┏━━

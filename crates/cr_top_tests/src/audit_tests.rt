//! What no clause says: logs of whole searches and audits of them, with ample memory, and what is refused.

use crate::stop_tests::{DOUBLES, MINIMUS};
use crate::test_calls::{Ending, answered, check, check_faults, ends};
use std::test::Fail;

// The problem of Plain Bob Minimus as a block, and then more.
macro_rules! behind_minimus {
    ($($text:literal)*) => {
        concat!(
            "block 82
stage = 4
[[method]]
letter = \"A\"
notation = \"x14x14,12\"
[query]
min = 1
max = 24
",
            $($text,)*
        )
    };
}

// The problem, its book and its log.
const LOGGED: &str = behind_minimus! {
    "block 17\n" "24 ppp\ntouches 1\n"
    "block 41\n" "- open\np open\npp open\nppp open\npppp long\n"
};

// The last line has a verdict that does not hold.
const TURNED: &str = behind_minimus! {
    "block 17\n" "24 ppp\ntouches 1\n"
    "block 43\n" "- open\np open\npp open\nppp open\npppp back 1\n"
};

// The last line is wanting.
const SHORT: &str = behind_minimus! {
    "block 17\n" "24 ppp\ntouches 1\n"
    "block 31\n" "- open\np open\npp open\nppp open\n"
};

// A line is no line of a log.
const STRANGE: &str = behind_minimus! {
    "block 17\n" "24 ppp\ntouches 1\n"
    "block 16\n" "- open\np opened\n"
};

// The book has not what the log proves.
const EMPTY: &str = behind_minimus! {
    "block 10\n" "touches 0\n"
    "block 41\n" "- open\np open\npp open\nppp open\npppp long\n"
};

// The log is wanting.
const TWO: &str = behind_minimus! {
    "block 17\n" "24 ppp\ntouches 1\n"
};

// The book is wanting too.
const ONE: &str = behind_minimus! {};

// A block too many.
const FOUR: &str = behind_minimus! {
    "block 17\n" "24 ppp\ntouches 1\n"
    "block 41\n" "- open\np open\npp open\nppp open\npppp long\n"
    "block 1\n" "x"
};

// A fourth block that is not whole.
const TORN: &str = behind_minimus! {
    "block 17\n" "24 ppp\ntouches 1\n"
    "block 41\n" "- open\np open\npp open\nppp open\npppp long\n"
    "block 2\n" "x"
};

// Something else behind the third block.
const MORE: &str = behind_minimus! {
    "block 17\n" "24 ppp\ntouches 1\n"
    "block 41\n" "- open\np open\npp open\nppp open\npppp long\n"
    "\n"
};

const LOG: &[&str] = &["--do", "log"];

const AUDIT: &[&str] = &["--do", "audit"];

// The words, what is read, and how the call ends.
const CALLS: &[(&[&str], &str, Ending<'static>)] = &[
    (LOG, MINIMUS, (0, LOGGED, "")),
    (LOG, "", (4, "", "ringsearch: problem 2 Key stage\n")),
    (
        LOG,
        "ringsearch checkpoint 3\n",
        (13, "", "ringsearch: not a problem\n"),
    ),
    (AUDIT, LOGGED, (0, "audit yes 1\n", "")),
    (AUDIT, TURNED, (12, "", "ringsearch: audit 4 Verdict 5\n")),
    (AUDIT, SHORT, (12, "", "ringsearch: audit 3 Node 5\n")),
    (AUDIT, STRANGE, (12, "", "ringsearch: audit 2 Line 2\n")),
    (AUDIT, EMPTY, (12, "", "ringsearch: audit 5 Book 0\n")),
    (AUDIT, "", (12, "", "ringsearch: audit 1 Form 0\n")),
    (AUDIT, ONE, (12, "", "ringsearch: audit 1 Form 91\n")),
    (AUDIT, TWO, (12, "", "ringsearch: audit 1 Form 117\n")),
    (AUDIT, FOUR, (12, "", "ringsearch: audit 1 Form 167\n")),
    (AUDIT, TORN, (12, "", "ringsearch: audit 1 Form 176\n")),
    (AUDIT, MORE, (12, "", "ringsearch: audit 1 Form 167\n")),
    (AUDIT, "book", (12, "", "ringsearch: audit 1 Form 1\n")),
    (
        AUDIT,
        "block 1\nxblock 1\nyblock 1\nz",
        (4, "", "ringsearch: problem 1 NotToml\n"),
    ),
    (
        &["--do", "audit", "--workers", "2"],
        LOGGED,
        (2, "", "ringsearch: words 6 Mixed\n"),
    ),
];

#[test]
fn searches_are_logged_and_audited(rt: HostRuntime) -> Result<(), Fail> {
    for &(words, input, ending) in CALLS {
        check(ending.1, ends(&rt, words, input.as_bytes(), ending)?)?;
    }
    Ok(())
}

#[test]
fn what_is_logged_is_audited_with_yes(rt: HostRuntime) -> Result<(), Fail> {
    check("167 bytes", LOGGED.len() == 167)?;
    let (code, text) = answered(&rt, LOG, DOUBLES.as_bytes())?;
    check("a log", code == 0)?;
    check(
        "five touches",
        ends(&rt, AUDIT, &text, (0, "audit yes 5\n", ""))?,
    )
}

// Plain Bob Minimus with a call whose lead ends in rounds, and with one that repeats a row.
const CALLED: &[(&str, &str)] = &[
    (
        "stage = 4
[[method]]
letter = \"A\"
notation = \"x14x14,12\"
[[call]]
mark = \"b\"
notation = \"14\"
[query]
min = 1
max = 24
",
        "\nbp again 0 8\nbb again 0 8\n",
    ),
    (
        "stage = 4
[[method]]
letter = \"A\"
notation = \"x14x14,12\"
[[call]]
mark = \"s\"
notation = \"1234\"
[query]
min = 1
max = 24
",
        "\ns again 6 7\n",
    ),
];

#[test]
fn rows_that_come_again_are_logged(rt: HostRuntime) -> Result<(), Fail> {
    for &(input, line) in CALLED {
        let (code, text) = answered(&rt, LOG, input.as_bytes())?;
        check("a log", code == 0)?;
        check(line, std::str::from_utf8(&text)?.contains(line))?;
    }
    Ok(())
}

// The words, and what is read.
const FAILING: &[(&[&str], &str)] = &[(LOG, MINIMUS), (AUDIT, LOGGED)];

#[test]
fn reads_and_writes_that_fail_are_told(rt: HostRuntime) -> Result<(), Fail> {
    for &(words, input) in FAILING {
        check_faults(&rt, words, input.as_bytes())?;
    }
    Ok(())
}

┗━━

Exercise brief: Repeat each of the entries exactly as written.

Answer area:
filename crates/cr_top_tests/src/audit_tests.rt
//! What no clause says: logs of whole searches and audits of them, with ample memory, and what is refused.

use crate::stop_tests::{DOUBLES, MINIMUS};
use crate::test_calls::{Ending, answered, check, check_faults, ends};
use std::test::Fail;

// The problem of Plain Bob Minimus as a block, and then more.
macro_rules! behind_minimus {
    ($($text:literal)*) => {
        concat!(
            "block 82
stage = 4
[[method]]
letter = \"A\"
notation = \"x14x14,12\"
[query]
min = 1
max = 24
",
            $($text,)*
        )
    };
}

// The problem, its book and its log.
const LOGGED: &str = behind_minimus! {
    "block 17\n" "24 ppp\ntouches 1\n"
    "block 41\n" "- open\np open\npp open\nppp open\npppp long\n"
};

// The last line has a verdict that does not hold.
const TURNED: &str = behind_minimus! {
    "block 17\n" "24 ppp\ntouches 1\n"
    "block 43\n" "- open\np open\npp open\nppp open\npppp back 1\n"
};

// The last line is wanting.
const SHORT: &str = behind_minimus! {
    "block 17\n" "24 ppp\ntouches 1\n"
    "block 31\n" "- open\np open\npp open\nppp open\n"
};

// A line is no line of a log.
const STRANGE: &str = behind_minimus! {
    "block 17\n" "24 ppp\ntouches 1\n"
    "block 16\n" "- open\np opened\n"
};

// The book has not what the log proves.
const EMPTY: &str = behind_minimus! {
    "block 10\n" "touches 0\n"
    "block 41\n" "- open\np open\npp open\nppp open\npppp long\n"
};

// The log is wanting.
const TWO: &str = behind_minimus! {
    "block 17\n" "24 ppp\ntouches 1\n"
};

// The book is wanting too.
const ONE: &str = behind_minimus! {};

// A block too many.
const FOUR: &str = behind_minimus! {
    "block 17\n" "24 ppp\ntouches 1\n"
    "block 41\n" "- open\np open\npp open\nppp open\npppp long\n"
    "block 1\n" "x"
};

// A fourth block that is not whole.
const TORN: &str = behind_minimus! {
    "block 17\n" "24 ppp\ntouches 1\n"
    "block 41\n" "- open\np open\npp open\nppp open\npppp long\n"
    "block 2\n" "x"
};

// Something else behind the third block.
const MORE: &str = behind_minimus! {
    "block 17\n" "24 ppp\ntouches 1\n"
    "block 41\n" "- open\np open\npp open\nppp open\npppp long\n"
    "\n"
};

const LOG: &[&str] = &["--do", "log"];

const AUDIT: &[&str] = &["--do", "audit"];

// The words, what is read, and how the call ends.
const CALLS: &[(&[&str], &str, Ending<'static>)] = &[
    (LOG, MINIMUS, (0, LOGGED, "")),
    (LOG, "", (4, "", "ringsearch: problem 2 Key stage\n")),
    (
        LOG,
        "ringsearch checkpoint 3\n",
        (13, "", "ringsearch: not a problem\n"),
    ),
    (AUDIT, LOGGED, (0, "audit yes 1\n", "")),
    (AUDIT, TURNED, (12, "", "ringsearch: audit 4 Verdict 5\n")),
    (AUDIT, SHORT, (12, "", "ringsearch: audit 3 Node 5\n")),
    (AUDIT, STRANGE, (12, "", "ringsearch: audit 2 Line 2\n")),
    (AUDIT, EMPTY, (12, "", "ringsearch: audit 5 Book 0\n")),
    (AUDIT, "", (12, "", "ringsearch: audit 1 Form 0\n")),
    (AUDIT, ONE, (12, "", "ringsearch: audit 1 Form 91\n")),
    (AUDIT, TWO, (12, "", "ringsearch: audit 1 Form 117\n")),
    (AUDIT, FOUR, (12, "", "ringsearch: audit 1 Form 167\n")),
    (AUDIT, TORN, (12, "", "ringsearch: audit 1 Form 176\n")),
    (AUDIT, MORE, (12, "", "ringsearch: audit 1 Form 167\n")),
    (AUDIT, "book", (12, "", "ringsearch: audit 1 Form 1\n")),
    (
        AUDIT,
        "block 1\nxblock 1\nyblock 1\nz",
        (4, "", "ringsearch: problem 1 NotToml\n"),
    ),
    (
        &["--do", "audit", "--workers", "2"],
        LOGGED,
        (2, "", "ringsearch: words 6 Mixed\n"),
    ),
];

#[test]
fn searches_are_logged_and_audited(rt: HostRuntime) -> Result<(), Fail> {
    for &(words, input, ending) in CALLS {
        check(ending.1, ends(&rt, words, input.as_bytes(), ending)?)?;
    }
    Ok(())
}

#[test]
fn what_is_logged_is_audited_with_yes(rt: HostRuntime) -> Result<(), Fail> {
    check("167 bytes", LOGGED.len() == 167)?;
    let (code, text) = answered(&rt, LOG, DOUBLES.as_bytes())?;
    check("a log", code == 0)?;
    check(
        "five touches",
        ends(&rt, AUDIT, &text, (0, "audit yes 5\n", ""))?,
    )
}

// Plain Bob Minimus with a call whose lead ends in rounds, and with one that repeats a row.
const CALLED: &[(&str, &str)] = &[
    (
        "stage = 4
[[method]]
letter = \"A\"
notation = \"x14x14,12\"
[[call]]
mark = \"b\"
notation = \"14\"
[query]
min = 1
max = 24
",
        "\nbp again 0 8\nbb again 0 8\n",
    ),
    (
        "stage = 4
[[method]]
letter = \"A\"
notation = \"x14x14,12\"
[[call]]
mark = \"s\"
notation = \"1234\"
[query]
min = 1
max = 24
",
        "\ns again 6 7\n",
    ),
];

#[test]
fn rows_that_come_again_are_logged(rt: HostRuntime) -> Result<(), Fail> {
    for &(input, line) in CALLED {
        let (code, text) = answered(&rt, LOG, input.as_bytes())?;
        check("a log", code == 0)?;
        check(line, std::str::from_utf8(&text)?.contains(line))?;
    }
    Ok(())
}

// The words, and what is read.
const FAILING: &[(&[&str], &str)] = &[(LOG, MINIMUS), (AUDIT, LOGGED)];

#[test]
fn reads_and_writes_that_fail_are_told(rt: HostRuntime) -> Result<(), Fail> {
    for &(words, input) in FAILING {
        check_faults(&rt, words, input.as_bytes())?;
    }
    Ok(())
}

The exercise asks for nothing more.